# Yeast Tolerences and flavors



## barnabees (Jun 20, 2012)

I'm not "new" to mead making, but am rather in the experimental phase of the hobby - The phase where 'I wonder what this would taste like' wins out over following anybody's recipes when starting a new batch.

Anyway, looking through the threads there's a lot of talk about the yeast surviving higher alcohol contents and having different flavors. I'm interested in making some stronger stuff ('panty removers' I saw someone call them) or adding some different qualities to my meads. So far I've really only used Red Star blancs and champagnes. 

Does anyone have a resource that breaks down the different yeast types and their properties/flavors/survivability?


----------



## Ben Brewcat (Oct 27, 2004)

There are lots. Jack Keller's Winemaking page is a good resource, and the published stats from the yeast maker (Lallemand, White Labs, Wyest, etc). Mead books like the Compleat Meadmaker (Schramm) also have some info., and for recipe formulation guidelines to target alcohol content using gravity and strain ETOH tolerance see the Stickied intro thread.


----------



## WVMJ (Apr 2, 2012)

Both EC-1118 and KIV-1116 are very strong fermenting yeast good for mead. We like to use 4 gallons of pure fruit juice (like 100% blackberry, black raspberry or elderberry) and a gallon plus about a quart of honey to bring the starting gravity to about 1.095, when it drops to 1.020 we add enough honey to bring it to 1.030, repeat as many times as it will take it back down. This is much better than starting the gravity very high and hoping it finishes, this way the yeast has a chance to grow and develop and make more alchohol slowly. Dont forget to add some nutrients if you want a higher level at the end. WVMJ

http://www.lalvinyeast.com/strains.asp


----------



## barnabees (Jun 20, 2012)

Thanks Ben. I did read the sticky before I posted and have seen the target alchohol content chart before, but I was looking for some more specific information regarding yeast strains and their properties. I will look at the Jack Keller's page, though. 

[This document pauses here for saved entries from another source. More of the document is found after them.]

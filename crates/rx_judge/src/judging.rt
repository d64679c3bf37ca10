//! What an expression means.

ghost use Rattle.std.specs.Prelude.{◌≡◌, ◌^◌, ◌-◌, IfOk, IfErr, true, false, pos, neg_ℤ};
ghost use Rattle.rx_types.specs.Narrow.{from_to, single, IsShort};
ghost use Rattle.rx_types.specs.Tree.{tree_of, Number, Total, Binary};
ghost use Rattle.rx_judge.specs.Form.{leaf_of};
ghost use Rattle.rx_judge.specs.Meaning.{Tells};
ghost use Rattle.rx_judge.specs.Names.{scope_of, names_of};
ghost use Rattle.rx_judge.specs.Judged.{judged, typed, plain, spelled_truth, number, negative, opposite, value_of_thing, value_of_field, attribute_of_thing, attribute_of_message, is_message, name_as_value, name_with_attribute, name_with_member};

use crate::about::{self, About};
use crate::fault::{Fault, NoMemory, refused, refused_at};
use crate::form::{LinearForm, Unknown};
use crate::joining::joined;
use crate::judged::Judged;
use crate::names::{self, FieldKind, KnownField, KnownLiteral, Names, Scope, Thing};
use rx_syntax::{Attr, ExprTree, NameTree, Named, Place, Rule, Word};
use rx_types::{Expr, Interval, Kind, Operator};
use std::alloc::Global;

// What is known of an expression that is neither a number alone nor a literal True or False.
fn plain(kind: Kind, is_constant: bool, low: i128, high: i128) -> About
    ensures { result ≡ record { kind = kind; is_static = false; is_literal = false; is_constant = is_constant; interval = from_to low high } }
{
    About {
        kind,
        is_static: false,
        is_literal: false,
        is_constant,
        interval: Interval { low, high },
    }
}

fn number(alloc: Global, owner: &Word, place: Place, value: i128) -> Result<Judged, Fault>
    ensures meaning { IfOk result (λ x. number owner.now place value ≡ Ok (typed x)) }
    ensures refusal { IfErr result (λ e. Tells e (number owner.now place value)) }
{
    if !rx_types::is_short(value, value) {
        return Err(Fault::Refused(refused(alloc, Rule::TooWide, place, owner)?));
    }
    Ok(Judged {
        expr: Expr::Number(value),
        about: About {
            kind: Kind::Number,
            is_static: true,
            is_literal: false,
            is_constant: true,
            interval: Interval {
                low: value,
                high: value,
            },
        },
        form: LinearForm::of_none(alloc),
    })
}

fn value_of_field(alloc: Global, name: &Named, field: KnownField) -> Result<Judged, Fault>
    ensures meaning { IfOk result (λ x. value_of_field name.now field.id field.kind ≡ Ok (typed x)) }
    ensures refusal { IfErr result (λ e. Tells e (value_of_field name.now field.id field.kind)) }
{
    match field.kind {
        FieldKind::Scalar(kind, greatest) => {
            let form = LinearForm::of_leaf(alloc, Unknown::NumberOf(field.id))?;
            Ok(Judged {
                expr: Expr::Field(field.id),
                about: plain(kind, false, 0, i128::from(greatest)),
                form,
            })
        }
        FieldKind::Bytes => Err(Fault::Refused(refused_at(alloc, Rule::WrongType, name)?)),
    }
}

fn literal(alloc: Global, literal: KnownLiteral) -> Judged
    ensures { typed result ≡ plain (Number (pos literal.number)) (Kind.Of literal.kind) (single (pos literal.number)) }
{
    let number = i128::from(literal.number);
    Judged {
        expr: Expr::Number(number),
        about: plain(Kind::Of(literal.kind), true, number, number),
        form: LinearForm::of_none(alloc),
    }
}

fn spelled(alloc: Global, truth: bool) -> Judged
    ensures { typed result ≡ spelled_truth truth }
{
    let value = if truth { 1 } else { 0 };
    Judged {
        expr: Expr::Truth(truth),
        about: About {
            kind: Kind::Truth,
            is_static: false,
            is_literal: true,
            is_constant: false,
            interval: Interval {
                low: value,
                high: value,
            },
        },
        form: LinearForm::of_none(alloc),
    }
}

fn value_of_thing(alloc: Global, name: &Named, thing: Thing) -> Result<Judged, Fault>
    ensures meaning { IfOk result (λ x. value_of_thing name.now thing ≡ Ok (typed x)) }
    ensures refusal { IfErr result (λ e. Tells e (value_of_thing name.now thing)) }
{
    match thing {
        Thing::Field(field) => value_of_field(alloc, name, field),
        Thing::Literal(known) => Ok(literal(alloc, known)),
        Thing::Truth(truth) => Ok(spelled(alloc, truth)),
    }
}

// A leaf that is a number, between the two.
fn leaf(
    alloc: Global,
    expr: Expr,
    unknown: Unknown,
    low: i128,
    high: i128,
) -> Result<Judged, NoMemory>
    requires leaf { leaf_of unknown ≡ tree_of expr }
    requires short { IsShort (from_to low high) }
    ensures { IfOk result (λ x. typed x ≡ plain (leaf_of unknown) Kind.Number (from_to low high)) }
{
    let form = LinearForm::of_leaf(alloc, unknown)?;
    Ok(Judged {
        expr,
        about: plain(Kind::Number, false, low, high),
        form,
    })
}

fn attribute_of_thing(
    alloc: Global,
    name: &Named,
    attr: Attr,
    thing: Thing,
) -> Result<Judged, Fault>
    ensures meaning { IfOk result (λ x. attribute_of_thing name.now attr thing ≡ Ok (typed x)) }
    ensures refusal { IfErr result (λ e. Tells e (attribute_of_thing name.now attr thing)) }
{
    match (attr, thing) {
        (Attr::First, Thing::Field(field)) => {
            let judged = leaf(
                alloc,
                Expr::First(field.id),
                Unknown::FirstOf(field.id),
                0,
                1 << 27,
            )?;
            Ok(judged)
        }
        (Attr::Last, Thing::Field(field)) => {
            let judged = leaf(
                alloc,
                Expr::Last(field.id),
                Unknown::LastOf(field.id),
                -1,
                1 << 27,
            )?;
            Ok(judged)
        }
        (Attr::Size, Thing::Field(field)) => {
            let judged = leaf(
                alloc,
                Expr::Size(field.id),
                Unknown::SizeOf(field.id),
                0,
                1 << 27,
            )?;
            Ok(judged)
        }
        _ => Err(Fault::Refused(refused_at(alloc, Rule::WrongType, name)?)),
    }
}

fn last_of_message(alloc: Global) -> Result<Judged, NoMemory>
    ensures { IfOk result (λ x. typed x ≡ plain (Binary Operator.Sub Total (Number (pos 1))) Kind.Number (from_to (neg_ℤ (pos 1)) (pos (2 ^ 27 - 1)))) }
{
    let form = LinearForm::of_leaf(alloc, Unknown::Bits)?;
    let expr = Expr::binary(alloc, Operator::Sub, Expr::Total, Expr::Number(1))?;
    Ok(Judged {
        expr,
        about: plain(Kind::Number, false, -1, (1 << 27) - 1),
        form,
    })
}

fn first_of_message(alloc: Global) -> Judged
    ensures { typed result ≡ plain (Number (pos 0)) Kind.Number (single (pos 0)) }
{
    Judged {
        expr: Expr::Number(0),
        about: plain(Kind::Number, true, 0, 0),
        form: LinearForm::of_none(alloc),
    }
}

fn attribute_of_message(alloc: Global, name: &Named, attr: Attr) -> Result<Judged, Fault>
    ensures meaning { IfOk result (λ x. attribute_of_message name.now attr ≡ Ok (typed x)) }
    ensures refusal { IfErr result (λ e. Tells e (attribute_of_message name.now attr)) }
{
    match attr {
        Attr::First => Ok(first_of_message(alloc)),
        Attr::Last => {
            let judged = last_of_message(alloc)?;
            Ok(judged)
        }
        Attr::Size => {
            let judged = leaf(alloc, Expr::Total, Unknown::Bits, 0, 1 << 27)?;
            Ok(judged)
        }
        _ => Err(Fault::Refused(refused_at(alloc, Rule::WrongType, name)?)),
    }
}

fn is_message(name: &NameTree) -> bool
    ensures { result ≡ is_message name.now }
{
    match &name.package {
        None => name.name.word.is("Message"),
        Some(_) => false,
    }
}

fn name_as_value(alloc: Global, names: &Names<'_>, name: &NameTree) -> Result<Judged, Fault>
    ensures meaning { IfOk result (λ x. name_as_value (names_of names.now) name.now ≡ Ok (typed x)) }
    ensures refusal { IfErr result (λ e. Tells e (name_as_value (names_of names.now) name.now)) }
{
    match names {
        Names::Nothing => Err(Fault::Refused(refused_at(alloc, Rule::NotStatic, &name.name)?)),
        Names::Within(scope) => {
            let thing = names::thing_of(alloc, scope, name)?;
            let value = value_of_thing(alloc, &name.name, thing)?;
            Ok(value)
        }
    }
}

fn name_with_attribute(
    alloc: Global,
    names: &Names<'_>,
    name: &NameTree,
    attr: Attr,
) -> Result<Judged, Fault>
    ensures meaning { IfOk result (λ x. name_with_attribute (names_of names.now) name.now attr ≡ Ok (typed x)) }
    ensures refusal { IfErr result (λ e. Tells e (name_with_attribute (names_of names.now) name.now attr)) }
{
    match names {
        Names::Nothing => Err(Fault::Refused(refused_at(alloc, Rule::NotStatic, &name.name)?)),
        Names::Within(scope) => {
            if is_message(name) {
                return attribute_of_message(alloc, &name.name, attr);
            }
            let thing = names::thing_of(alloc, scope, name)?;
            let value = attribute_of_thing(alloc, &name.name, attr, thing)?;
            Ok(value)
        }
    }
}

fn name_with_member(alloc: Global, names: &Names<'_>, name: &NameTree) -> Result<Judged, Fault>
    ensures meaning { IfOk result (λ x. name_with_member (names_of names.now) name.now ≡ Ok (typed x)) }
    ensures refusal { IfErr result (λ e. Tells e (name_with_member (names_of names.now) name.now)) }
{
    match names {
        Names::Nothing => Err(Fault::Refused(refused_at(alloc, Rule::NotStatic, &name.name)?)),
        Names::Within(scope) => {
            names::thing_of(alloc, scope, name)?;
            Err(Fault::Refused(refused_at(alloc, Rule::WrongType, &name.name)?))
        }
    }
}

fn negative(alloc: Global, owner: &Word, place: Place, part: Judged) -> Result<Judged, Fault>
    ensures meaning { IfOk result (λ x. negative owner.now place (typed part) ≡ Ok (typed x)) }
    ensures refusal { IfErr result (λ e. Tells e (negative owner.now place (typed part))) }
{
    if !about::is_number(part.about.kind) {
        return Err(Fault::Refused(refused(alloc, Rule::WrongType, place, owner)?));
    }
    let interval = rx_types::negation(part.about.interval.low, part.about.interval.high);
    let about = About {
        interval,
        ..part.about
    };
    let form = part.form.scaled(alloc, -1)?;
    let expr = Expr::neg(alloc, part.expr)?;
    Ok(Judged { expr, about, form })
}

fn opposite(alloc: Global, owner: &Word, place: Place, part: Judged) -> Result<Judged, Fault>
    ensures meaning { IfOk result (λ x. opposite owner.now place (typed part) ≡ Ok (typed x)) }
    ensures refusal { IfErr result (λ e. Tells e (opposite owner.now place (typed part))) }
{
    if !about::is_truth(part.about.kind) {
        return Err(Fault::Refused(refused(alloc, Rule::WrongType, place, owner)?));
    }
    let expr = Expr::not(alloc, part.expr)?;
    Ok(Judged {
        expr,
        about: plain(Kind::Truth, false, 0, 1),
        form: LinearForm::of_none(alloc),
    })
}

/// What an expression means, where `owner` is the name of what it stands in: the expression and what is known of
/// it, or the refusal that comes first, its operands being judged from left to right before their operator.
pub fn judge(
    alloc: Global,
    names: &Names<'_>,
    owner: &Word,
    tree: &ExprTree,
) -> Result<Judged, Fault>
    ensures meaning { IfOk result (λ x. judged (names_of names.now) owner.now tree.now ≡ Ok (typed x)) }
    ensures refusal { IfErr result (λ e. Tells e (judged (names_of names.now) owner.now tree.now)) }
{
    match tree {
        ExprTree::Number(value, place) => number(alloc, owner, *place, *value),
        ExprTree::Name(name) => name_as_value(alloc, names, name),
        ExprTree::Attribute(name, attr) => name_with_attribute(alloc, names, name, *attr),
        ExprTree::Member(name, _) => name_with_member(alloc, names, name),
        ExprTree::Neg(place, part) => {
            let part = judge(alloc, names, owner, part)?;
            negative(alloc, owner, *place, part)
        }
        ExprTree::Not(place, part) => {
            let part = judge(alloc, names, owner, part)?;
            opposite(alloc, owner, *place, part)
        }
        ExprTree::Binary(operator, place, left, right) => {
            let left = judge(alloc, names, owner, left)?;
            let right = judge(alloc, names, owner, right)?;
            joined(
                alloc,
                owner,
                about::operator_of(*operator),
                *place,
                left,
                right,
            )
        }
    }
}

WVMJ - That's a great idea! I've usually just let it run and end up with sweet or dry depending on my target alchohol content, sometimes missing the mark before everything dies out. Your way seems like it would always be on the dryer side and have a high content, correct?


----------



## WVMJ (Apr 2, 2012)

It all depends on you, if you start the yeast off with a gravity they can ferment to dry, instead of overloading them at the start, then you get control over the ferment and no such thing as missing the mark again. Remember to feed a little at a time, if you want it drier you might want to start feeding when it gets to 1.000 and raise it only to 1.01, wait for it to finish, add more etc. We generally like our meads to end up at 1.02 or .03 after feeding it 1 or 2 times, not to hot and not to sweet. WVMJ


----------



## barnabees (Jun 20, 2012)

WVMJ - Off topic, but I was looking at your website (I assume I'm writing to Jack?) and was wondering what you did to increase the body of your wine after you had it taste tested.


----------



## WVMJ (Apr 2, 2012)

BB, one thing is we use as much fruit as we can, an example of one of our blackberry/elderberry meads was 25 pounds blackberries, 10 pounds of elderberries and start with a gallon of tulip poplar honey, we have also steam juiced 8 gallons of elderberries and adding a gallon of locust honey to it and make 5 gallons, feeding it in stages with more honey, our black raspberry mead had 24 pounds of black raspberries, a gallon of elderberry juice and a gallon of tulip polar honey. This past winter we went with even more fruit, but that is still in carboys waiting to be bottled this winter. Put as much fruit as you can and use good honey, I think the better the honey the better the body will be also. If you still need to boost your body, you can add some extra light dried malt extract, notice Extra Light, anything heavier than that and you will be able to taste the malt. 

That gives me an idea, add some heavier malt and honey together with wine yeast to make a high alchohol, high body honey malt wine, maybe some buckwheat honey! Anyone got a gallon of buckwheat honey to sell?

WVMJ


----------



## barnabees (Jun 20, 2012)

Thanks for the info. I've got a basic dry that's watery (and I want to keep it dry), so adding fruit isn't going to work. I've read banana's help without hurting the flavor, but I'll try the malt idea too.

Thanks again!


----------



## WVMJ (Apr 2, 2012)

What is a basic? ELDME is going to add some sweetness as it is malt, I think its better to add that at the begining, your wine might not clear with it added at the end. Glycerol is what you want to add at the end if you want body but we havent had to do that so far. WVMJ



barnabees said:


> Thanks for the info. I've got a basic dry that's watery (and I want to keep it dry), so adding fruit isn't going to work. I've read banana's help without hurting the flavor, but I'll try the malt idea too.
> 
> Thanks again!


----------



## barnabees (Jun 20, 2012)

It's just a basic honey and water mix. It was the very first batch I made and can't seem to finish it because it's so watery. I like the taste - kind of like a light chardonnay, but it has very little body. I haven't made this since because of this, but would like to know how to fix this in future batches so I can do something other than fruity/flavored/sweeter meads.


----------